Quanto mais velhos, maiores são os pratinhos para equilibrar nessa equação consumista. Aline Barbosa, influencer que no Instagram atende por Mãe Crespa, viu isso acontecer com os seus. “Sempre pergunto aos meus filhos o que gostariam de ganhar no Dia das Crianças. Os guris de 11 e 8 anos não sabiam o que pedir, falaram que não queriam nenhum brinquedo, pois já têm celular. Me senti culpada, mas mesmo assim presenteei com jogos de tabuleiro como Banco Imobiliário, para que assim possam diminuir o tempo nas telas.”
A alternativa tem dado certo, avalia Barbosa. “Fiz combinados com eles: horário para celular, horário para jogar, horário para brincar na rua.”
Daniel Becker, pediatra pop nas redes sociais, é partidário do mantra “menos presente, mais presença”. “Por que a gente precisa continuar dando coisas, objetos, para pessoas que têm tudo?” Para ilustrar seu ponto, ele sugere um exercício de memória. “Você se lembra de algum brinquedo que ganhou na infância? Talvez um ou outro, uma bicicleta e tal. Mas você lembra muito mais do passeio que deu com a sua família no parque, no dia que vocês fizeram um piquenique, que você rolou do barranco. Essa experiência é muito mais benéfica e marcante do que ganhar uma boneca, uma bola a mais.”
Não que os adultos sejam mais evoluídos diante do frenesi consumista. Mas o exemplo, afinal, tem que vir de cima. “Tenho um casal de amigos que não pôde ir no meu casamento. Eles chamaram a gente para um jantar. Achei muito legal. Em vez de dar um presente, deram o presente da presença deles.”
Valorizar mais experiências do que coisas, refletir sobre o tanto de plástico que essas quinquilharias descartáveis geram, levar em conta a diversidade das crianças. Tá, tudo isso é muito bacana. Só cuidado com a “pedagogização da brincadeira”, recomenda Prates. É aquela história de procurar um item pensando em quais habilidades cognitivas e motoras ele desenvolve. “Acho uma apropriação muito ruim, porque o brinquedo tem que servir sobretudo para o prazer da criança na interação com ele.”
Passa também por não tentar impor sua visão de mundo. “Vale a pena sempre trocar uma ideia, saber que família é essa”, afirma Nakano, do Clube Quindim.
Ela se usa de exemplo: jamais daria um pacote de lembrancinhas de aniversário cheio de bugigangas plásticas. Mas de repente sua cunhada tem outros valores, e a vida em sociedade é isso aí. Expor-se à diferença faz parte. “Posso conversar com minha filha e confiar na força do meu exemplo. Mas não posso evitar que ela tenha contato com esses valores diversos se desejo que ela conviva com as primas, ou frequente festinhas de colegas da escola. Não temos como fechar os filhos numa redoma de vidro, num jardim do Éden idealizado.”
Também não tem por que medir todos com sua régua moral. As realidades divergem. Você pode, digamos, concluir que carrinhos de madeira são mais apropriados do que um combo da Hot Wheels para a criança, porque “n” estudos já comprovaram as benesses de brinquedos educativos para o meio ambiente e para as novas gerações. Mas comprar a “marca da moda” é também um marcador de classe em muitos lares.
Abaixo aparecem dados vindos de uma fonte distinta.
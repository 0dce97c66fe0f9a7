//! The device for C. `include/ufs.h` declares these functions and says what C has to uphold; what
//! they do is `ufs_handle`. An export answers a number: 0 where it went well, else a fault, which
//! `ufs_fault_text` tells.
#![tactic(auto)]

ghost use Rattle.std.specs.Prelude.{◌≡◌, ◌<◌, ◌≤◌, None, is_some, length, slice_index};
ghost use Rattle.ufs_handle.specs.Calls.{Called, GivesUp, Hears, Takes, Turns, Works};
ghost use Rattle.ufs_handle.specs.Exports.{EndsSo, FailsSo, IsJobShown, Numbered, OpensNew, RepliesInto, StopsAll};
ghost use Rattle.ufs_handle.specs.Numbers.{answer_number, ended_number, flag_number, heard_number, open_number};
ghost use Rattle.ufs_handle.specs.Numbers.{reply_number, saved_number, stop_number, taken_number};
ghost use Rattle.ufs_handle.specs.Steps.{Settles};
ghost use Rattle.ufs_messages.specs.Commands.{IsAsked, IsFlush, IsFrameWritten, IsLinkEvent, IsLong, IsNop};
ghost use Rattle.ufs_messages.specs.Commands.{IsQueryWritten, IsRead, IsSecurity, IsTaskRequest, IsUnmap, IsUnmapList, IsVerify};
ghost use Rattle.ufs_messages.specs.Commands.{IsWrite, ReadsFrame, asked_cdb, asked_of, selected_cdb};
ghost use Rattle.ufs_messages.specs.Written.{IsCommand, IsDataOut, IsMac, ReadsResponse};
ghost use Rattle.ufs_images.specs.Saved.{IsLength, OpensImage, SavesTo};
ghost use Rattle.ufs_handle.specs.declared.fault.Fault.TheVariants as fault;

use std::alloc::Global;
use ufs_handle::{
    Fault, Handle, PlainConfig, PlainJob, PlainUnit, answer_number, copy_text, ended_number,
    flag_number, heard_number, open_number, reply_number, saved_number, stop_number,
};
use ufs_images::{open_image, put_length, save};
use ufs_messages::{
    PlainFrame, PlainResponse, get_frame, get_response, put_asking, put_asking_for, put_command,
    put_data_out, put_flush, put_frame, put_link_event, put_long, put_mac, put_nop, put_query,
    put_read, put_security, put_task_request, put_unmap, put_unmap_list, put_verify, put_write,
};
use ufs_spec::Asked;

/// Opens a device over new dies in memory.
#[unsafe(no_mangle)]
pub extern "C" fn ufs_open(
    alloc: Global,
    device: &mut Handle,
    config: &PlainConfig,
    units: &[PlainUnit],
) -> u32
    ensures { Numbered answer_number result (λ answer.
        OpensNew config.now units.now device.old.value answer device.new.value) }
{
    answer_number(&device.open_new(alloc, config, units))
}

/// Opens a device over the dies of an image.
#[unsafe(no_mangle)]
pub extern "C" fn ufs_open_image(
    alloc: Global,
    device: &mut Handle,
    config: &PlainConfig,
    units: &[PlainUnit],
    image: &[u8],
) -> u32
    ensures { Numbered answer_number result (λ answer.
        OpensImage config.now units.now image.now device.old.value answer device.new.value) }
{
    answer_number(&open_image(device, alloc, config, units, image))
}

/// Closes the device, and gives up its dies in memory.
#[unsafe(no_mangle)]
pub extern "C" fn ufs_close(alloc: Global, device: &mut Handle) -> u32
    ensures closed { device.new.value ≡ None }
    ensures was { result ≡ open_number (is_some device.old.value) }
{
    open_number(device.close(alloc))
}

/// Hands the device a message.
#[unsafe(no_mangle)]
pub extern "C" fn ufs_host(alloc: Global, device: &mut Handle, message: &[u8]) -> u32
    ensures { Numbered heard_number result (λ answer.
        Called (Hears message.now) device.old.value answer device.new.value) }
{
    heard_number(&device.host(alloc, message))
}

/// Takes a reply that is due.
#[unsafe(no_mangle)]
pub extern "C" fn ufs_reply(
    alloc: Global,
    device: &mut Handle,
    into: &mut [u8],
    count: &mut usize,
) -> u32
    ensures { Numbered reply_number result (λ answer.
        RepliesInto into.old into.new count.old count.new device.old.value answer device.new.value) }
{
    reply_number(device.reply_into(alloc, into, count))
}

/// Takes one step of mending or of collection.
#[unsafe(no_mangle)]
pub extern "C" fn ufs_turn(alloc: Global, device: &mut Handle) -> u32
    ensures { Numbered (λ answer. flag_number answer fault.Nothing) result (λ answer.
        Called Turns device.old.value answer device.new.value) }
{
    flag_number(device.turn(alloc), Fault::Nothing)
}

/// A job for the die, which is then in flight.
#[unsafe(no_mangle)]
pub extern "C" fn ufs_take(alloc: Global, device: &mut Handle, die: u8, job: &mut PlainJob) -> u32
    ensures { Numbered taken_number result (λ answer.
        Called (Takes die) device.old.value answer device.new.value × IsJobShown answer job.old job.new) }
{
    flag_number(device.take_job(alloc, die, job), Fault::Nothing)
}

/// Ends the job in flight of a die of the program's own.
#[unsafe(no_mangle)]
pub extern "C" fn ufs_done(alloc: Global, device: &mut Handle, die: u8, how: u8, page: &[u8]) -> u32
    ensures { Numbered ended_number result (λ answer.
        EndsSo die how page.now device.old.value answer device.new.value) }
{
    ended_number(device.done_so(alloc, die, how, page))
}

/// From now on the dies are the program's own: those in memory are given up.
#[unsafe(no_mangle)]
pub extern "C" fn ufs_own_dies(alloc: Global, device: &mut Handle) -> u32
    ensures { Numbered (λ answer. open_number (is_some answer)) result (λ answer.
        Called GivesUp device.old.value answer device.new.value) }
{
    open_number(device.give_up_dies(alloc).is_some())
}

/// The die in memory does its job in flight.
#[unsafe(no_mangle)]
pub extern "C" fn ufs_work(alloc: Global, device: &mut Handle, die: u8) -> u32
    ensures { Numbered (λ answer. flag_number answer fault.NoJob) result (λ answer.
        Called (Works die) device.old.value answer device.new.value) }
{
    flag_number(device.work(alloc, die), Fault::NoJob)
}

/// The job in flight of the die in memory fails.
#[unsafe(no_mangle)]
pub extern "C" fn ufs_fail(alloc: Global, device: &mut Handle, die: u8, left: u8) -> u32
    ensures { Numbered ended_number result (λ answer.
        FailsSo die left device.old.value answer device.new.value) }
{
    ended_number(device.fail_so(alloc, die, left))
}

/// Rounds of a turn and of one job of each die in memory.
#[unsafe(no_mangle)]
pub extern "C" fn ufs_settle(alloc: Global, device: &mut Handle, rounds: u16) -> u32
    ensures { Numbered (λ answer. open_number (is_some answer)) result (λ answer.
        Called (Settles rounds) device.old.value answer device.new.value) }
{
    open_number(device.settle(alloc, rounds).is_some())
}

/// The power goes away, and the device is opened again over what is left.
#[unsafe(no_mangle)]
pub extern "C" fn ufs_stop(alloc: Global, device: &mut Handle, lefts: &[u8]) -> u32
    ensures { Numbered stop_number result (λ answer.
        StopsAll lefts.now device.old.value answer device.new.value) }
{
    stop_number(&device.stop_with(alloc, lefts))
}

/// How many bytes the image of the dies has.
#[unsafe(no_mangle)]
pub extern "C" fn ufs_image_length(alloc: Global, device: &mut Handle, length: &mut u64) -> u32
    ensures same { device.new.value ≡ device.old.value }
    ensures long { Numbered (λ answer. open_number (is_some answer)) result (λ answer.
        IsLength device.old.value answer length.old length.new) }
{
    open_number(put_length(device, alloc, length).is_some())
}

/// Saves the dies in memory as an image.
#[unsafe(no_mangle)]
pub extern "C" fn ufs_save(alloc: Global, device: &mut Handle, into: &mut [u8]) -> u32
    ensures same { device.new.value ≡ device.old.value }
    ensures saved { Numbered saved_number result (λ answer.
        SavesTo device.old.value answer into.old into.new) }
{
    saved_number(&save(device, alloc, into))
}

/// Writes a COMMAND.
#[unsafe(no_mangle)]
pub extern "C" fn ufs_command(
    flags: u8,
    lun: u8,
    tag: u8,
    expected: u32,
    cdb: &[u8],
    into: &mut [u8],
) -> u32
    ensures { Numbered answer_number result (λ answer.
        IsCommand flags lun tag expected cdb.now answer into.old into.new) }
{
    answer_number(&put_command(flags, lun, tag, expected, cdb, into))
}

/// Writes a DATA OUT.
#[unsafe(no_mangle)]
pub extern "C" fn ufs_data_out(lun: u8, tag: u8, offset: u32, sent: &[u8], into: &mut [u8]) -> u32
    ensures { Numbered answer_number result (λ answer.
        IsDataOut lun tag offset sent.now answer into.old into.new) }
{
    answer_number(&put_data_out(lun, tag, offset, sent, into))
}

/// Reads a RESPONSE.
#[unsafe(no_mangle)]
pub extern "C" fn ufs_response(reply: &[u8], into: &mut PlainResponse) -> u32
    ensures { Numbered answer_number result (λ answer.
        ReadsResponse reply.now answer into.old into.new) }
{
    answer_number(&get_response(reply, into))
}

/// Writes the COMMAND of a READ(10).
#[unsafe(no_mangle)]
pub extern "C" fn ufs_read(lun: u8, tag: u8, address: u32, blocks: u16, into: &mut [u8]) -> u32
    ensures { Numbered answer_number result (λ answer.
        IsRead lun tag address blocks answer into.old into.new) }
{
    answer_number(&put_read(lun, tag, address, blocks, into))
}

/// Writes the COMMAND of a WRITE(10), with FUA where it is forced.
#[unsafe(no_mangle)]
pub extern "C" fn ufs_write(
    lun: u8,
    tag: u8,
    address: u32,
    blocks: u16,
    forced: bool,
    into: &mut [u8],
) -> u32
    ensures { Numbered answer_number result (λ answer.
        IsWrite lun tag address blocks forced answer into.old into.new) }
{
    answer_number(&put_write(lun, tag, address, blocks, forced, into))
}

/// Writes the COMMAND of a VERIFY(10), with BYTCHK 01 where its blocks are compared.
#[unsafe(no_mangle)]
pub extern "C" fn ufs_verify(
    lun: u8,
    tag: u8,
    address: u32,
    blocks: u16,
    compared: bool,
    into: &mut [u8],
) -> u32
    ensures { Numbered answer_number result (λ answer.
        IsVerify lun tag address blocks compared answer into.old into.new) }
{
    answer_number(&put_verify(lun, tag, address, blocks, compared, into))
}

/// Writes the COMMAND of a SYNCHRONIZE CACHE(10), with IMMED where it is immediate.
#[unsafe(no_mangle)]
pub extern "C" fn ufs_flush(lun: u8, tag: u8, immediate: bool, into: &mut [u8]) -> u32
    ensures { Numbered answer_number result (λ answer.
        IsFlush lun tag immediate answer into.old into.new) }
{
    answer_number(&put_flush(lun, tag, immediate, into))
}

/// Writes the COMMAND of an UNMAP of one descriptor.
#[unsafe(no_mangle)]
pub extern "C" fn ufs_unmap(lun: u8, tag: u8, into: &mut [u8]) -> u32
    ensures { Numbered answer_number result (λ answer. IsUnmap lun tag answer into.old into.new) }
{
    answer_number(&put_unmap(lun, tag, into))
}

/// Writes the DATA OUT of the list of an UNMAP.
#[unsafe(no_mangle)]
pub extern "C" fn ufs_unmap_list(
    lun: u8,
    tag: u8,
    address: u64,
    blocks: u32,
    into: &mut [u8],
) -> u32
    ensures { Numbered answer_number result (λ answer.
        IsUnmapList lun tag address blocks answer into.old into.new) }
{
    answer_number(&put_unmap_list(lun, tag, address, blocks, into))
}

/// Writes the COMMAND of one that asks for bytes of the device's own.
#[unsafe(no_mangle)]
pub extern "C" fn ufs_ask(operation: u8, lun: u8, tag: u8, allocation: u32, into: &mut [u8]) -> u32
    ensures { Numbered answer_number result (λ answer.
        IsAsked (asked_cdb operation allocation) lun tag allocation answer into.old into.new) }
{
    answer_number(&put_asking(operation, lun, tag, allocation, into))
}

/// Writes the COMMAND of one that asks for what is selected of these bytes.
#[unsafe(no_mangle)]
pub extern "C" fn ufs_ask_for(
    operation: u8,
    selection: u32,
    lun: u8,
    tag: u8,
    allocation: u32,
    into: &mut [u8],
) -> u32
    ensures { Numbered answer_number result (λ answer.
        IsAsked (selected_cdb operation selection allocation) lun tag allocation answer into.old into.new) }
{
    answer_number(&put_asking_for(operation, selection, lun, tag, allocation, into))
}

/// Writes the COMMAND of one on blocks in sixteen bytes, with FUA or IMMED where that option is set.
#[unsafe(no_mangle)]
pub extern "C" fn ufs_blocks_16(
    operation: u8,
    lun: u8,
    tag: u8,
    address: u64,
    blocks: u32,
    option: bool,
    into: &mut [u8],
) -> u32
    ensures { Numbered answer_number result (λ answer.
        IsLong operation lun tag address blocks option answer into.old into.new) }
{
    answer_number(&put_long(operation, lun, tag, address, blocks, option, into))
}

/// Writes a QUERY REQUEST.
#[unsafe(no_mangle)]
pub extern "C" fn ufs_query(
    tag: u8,
    opcode: u8,
    idn: u8,
    index: u8,
    selector: u8,
    length: u16,
    value: u32,
    into: &mut [u8],
) -> u32
    ensures { Numbered answer_number result (λ answer.
        IsQueryWritten tag (asked_of opcode idn index selector) length value answer into.old into.new) }
{
    let asked = Asked {
        opcode,
        idn,
        index,
        selector,
    };
    answer_number(&put_query(tag, asked, length, value, into))
}

/// Writes a TASK MANAGEMENT REQUEST.
#[unsafe(no_mangle)]
pub extern "C" fn ufs_task_management(
    lun: u8,
    tag: u8,
    function: u8,
    meant: u8,
    into: &mut [u8],
) -> u32
    ensures { Numbered answer_number result (λ answer.
        IsTaskRequest lun tag function meant answer into.old into.new) }
{
    answer_number(&put_task_request(lun, tag, function, meant, into))
}

/// Writes a NOP OUT.
#[unsafe(no_mangle)]
pub extern "C" fn ufs_nop(tag: u8, into: &mut [u8]) -> u32
    ensures { Numbered answer_number result (λ answer. IsNop tag answer into.old into.new) }
{
    answer_number(&put_nop(tag, into))
}

/// Writes a LINK EVENT.
#[unsafe(no_mangle)]
pub extern "C" fn ufs_link_event(kind: u8, into: &mut [u8]) -> u32
    ensures { Numbered answer_number result (λ answer. IsLinkEvent kind answer into.old into.new) }
{
    answer_number(&put_link_event(kind, into))
}

/// Writes the COMMAND of a SECURITY PROTOCOL OUT, or else IN.
#[unsafe(no_mangle)]
pub extern "C" fn ufs_rpmb_command(
    is_out: bool,
    tag: u8,
    region: u8,
    frames: u8,
    into: &mut [u8],
) -> u32
    ensures { Numbered answer_number result (λ answer.
        IsSecurity is_out tag region frames answer into.old into.new) }
{
    answer_number(&put_security(is_out, tag, region, frames, into))
}

/// Writes a frame of the replay protected memory block.
#[unsafe(no_mangle)]
pub extern "C" fn ufs_rpmb_frame(frame: &PlainFrame, into: &mut [u8]) -> u32
    ensures { Numbered answer_number result (λ answer.
        IsFrameWritten frame.now answer into.old into.new) }
{
    answer_number(&put_frame(frame, into))
}

/// Reads a frame of the replay protected memory block.
#[unsafe(no_mangle)]
pub extern "C" fn ufs_rpmb_fields(bytes: &[u8], into: &mut PlainFrame) -> u32
    ensures { Numbered answer_number result (λ answer.
        ReadsFrame bytes.now answer into.old into.new) }
{
    answer_number(&get_frame(bytes, into))
}

/// Writes the MAC of frames of the replay protected memory block.
#[unsafe(no_mangle)]
pub extern "C" fn ufs_rpmb_mac(key: &[u8], frames: &[u8], into: &mut [u8]) -> u32
    ensures { Numbered answer_number result (λ answer.
        IsMac key.now frames.now answer into.old into.new) }
{
    answer_number(&put_mac(key, frames, into))
}

/// What the number says, in English, behind which stands a zero byte; cut off where the room ends.
#[unsafe(no_mangle)]
pub extern "C" fn ufs_fault_text(fault: u32, into: &mut [u8]) -> usize
    ensures within { result ≤ length into.old }
    ensures ended { 0 < length into.old → (result < length into.old) × (slice_index into.new result ≡ 0) }
{
    copy_text(fault, into)
}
Pode soar presunçoso e elitista, e a família que trabalhou muito para dar o brinquedo que os filhos do patrão tinham aos montes sai frustrada. Algo na linha “logo na minha vez, não é legal ter isso”, sintetiza Prates. “Tem uma disputa de narrativas aqui, que muitas vezes desconsidera os contextos em que as crianças são criadas, e os desejos delas. Então, não adianta essa minha ideia de reciclar brinquedos, porque o sonho dela é ter uma boneca nova que vem na caixa. Porque é isso que ela nunca teve.”